The training utilized 512 NVIDIA H200 GPUs across 64 interconnected nodes. Engineering challenges included maintaining determinism and synchronization in a distributed system prone to hardware failures. Resource preparation involved Ansible for infrastructure as code, automated hardware discovery, and InfiniBand pre-checks to identify faulty nodes. Scheduling used Slurm and cgroup v2 to ensure clean task exits. Storage relied on Lustre for high-throughput training I/O and NVMe NFS for metadata and SSH storage. Observability was managed via DCGM and Prometheus for monitoring and decommissioning unstable nodes.

Training Plan and Future Focus

The training of INTELLECT-3 involved two primary stages: supervised fine-tuning based on GLM-4.5-Air, followed by large-scale RL training. Both stages, along with multiple rounds of ablation experiments, ran on 512 H200 GPUs for two months. Researchers trained the model across diverse RL environments covering mathematics, code, science, logic, deep research, and software engineering to enhance its reasoning and agent capabilities. All environments are publicly available on the Environments Hub, along with standardized implementations for benchmark tests.

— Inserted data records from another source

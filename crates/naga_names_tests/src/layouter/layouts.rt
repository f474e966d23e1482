//! Layouters: updates in steps, errors, and clearing.
use super::{TYPES, UNSOUND, at, module_with};
use naga_ir::{GlobalCtx, Module, Scalar, TypeInner};
use naga_layouter::{
    Alignment, LayoutErrorInner, Layouter, MAX_TYPE_SIZE, TypeLayout, sizes_are_known, try_size,
};
use std::alloc::Global;

/// Returns whether an update succeeds.
fn succeeds(layouter: &mut Layouter, ctx: GlobalCtx<'_>) -> bool {
    if sizes_are_known(ctx) {
        layouter.update(ctx).is_ok()
    } else {
        false
    }
}

/// Returns whether an update stops at the last type, whose width is not a power of two.
fn stops(layouter: &mut Layouter, ctx: GlobalCtx<'_>) -> bool {
    if !sizes_are_known(ctx) {
        return false;
    }
    match layouter.update(ctx) {
        Ok(()) => false,
        Err(error) => error.ty == at(3) && error.inner == LayoutErrorInner::NonPowerOfTwoWidth,
    }
}

/// Returns whether a layouter has this size and alignment for a type.
fn has(layouter: &Layouter, number: u8, size: u32, alignment: Alignment) -> bool {
    let layout = TypeLayout { size, alignment };
    layouter.get(at(number)) == Some(&layout)
}

/// Returns whether a layouter has the layouts of the vector, of the array and of the structure.
fn has_all(layouter: &Layouter) -> bool {
    has(layouter, 0, 12, Alignment::SIXTEEN)
        && has(layouter, 1, 64, Alignment::SIXTEEN)
        && has(layouter, 2, 80, Alignment::SIXTEEN)
        && layouter.as_slice().len() == 3
}

/// Returns whether a layouter is updated, twice, then stops at a type without a layout, twice, and is cleared.
fn is_updated(layouter: &mut Layouter, module: &Module, unsound: &Module) -> bool {
    if !succeeds(layouter, module.to_ctx())
        || !succeeds(layouter, module.to_ctx())
        || !has_all(layouter)
    {
        return false;
    }
    if !stops(layouter, unsound.to_ctx())
        || !stops(layouter, unsound.to_ctx())
        || !has_all(layouter)
    {
        return false;
    }
    layouter.clear();
    layouter.get(at(0)).is_none()
}

/// Returns whether a new layouter is updated, stops and is cleared.
fn is_layouter(alloc: Global) -> bool {
    let (Some(module), Some(unsound)) = (module_with(alloc, TYPES), module_with(alloc, UNSOUND))
    else {
        return false;
    };
    let mut layouter = Layouter::new(alloc);
    is_updated(&mut layouter, &module, &unsound)
}

/// Returns whether the stride of elements is their size, rounded up.
fn is_strided() -> bool {
    let layout = TypeLayout {
        size: 12,
        alignment: Alignment::SIXTEEN,
    };
    layout.to_stride() == 16
}

/// Returns whether a scalar is sized.
fn is_sized(alloc: Global) -> bool {
    let module = Module::new(alloc);
    let ctx = module.to_ctx();
    sizes_are_known(ctx)
        && try_size(&TypeInner::Scalar(Scalar::F64), ctx) == Some(8)
        && MAX_TYPE_SIZE == 1_073_741_824
}

#[test]
fn a_layouter_has_the_layouts_of_types(rt: HostRuntime) {
    assert!(rt; is_layouter(rt.alloc()));
    assert!(rt; is_strided());
    assert!(rt; is_sized(rt.alloc()));
}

Prime Intellect's future work will focus on:

Expanding Agent-based RL: Continued training with an increased emphasis on agent environments to improve performance across more tasks.
Richer RL Environments: Leveraging the Environments Hub's collection of over 500 tasks, which include research, computer usage, theorem proving, automation, and specialized fields. INTELLECT-3 used a fraction of these, and future efforts will aim to incorporate more community tasks.
Long-horizon Agents: Developing models that can self-manage context, including pruning, branching inference, and maintaining external memory, to enable trainable long-horizon behaviors via RL. Future research will also explore environments that specifically reward long-horizon reasoning.

Prime Intellect states its goal is to build an open superintelligence technology stack, making advanced model training accessible. The company suggests that INTELLECT-3 demonstrates the capability of smaller labs to train models competitive with those from larger organizations.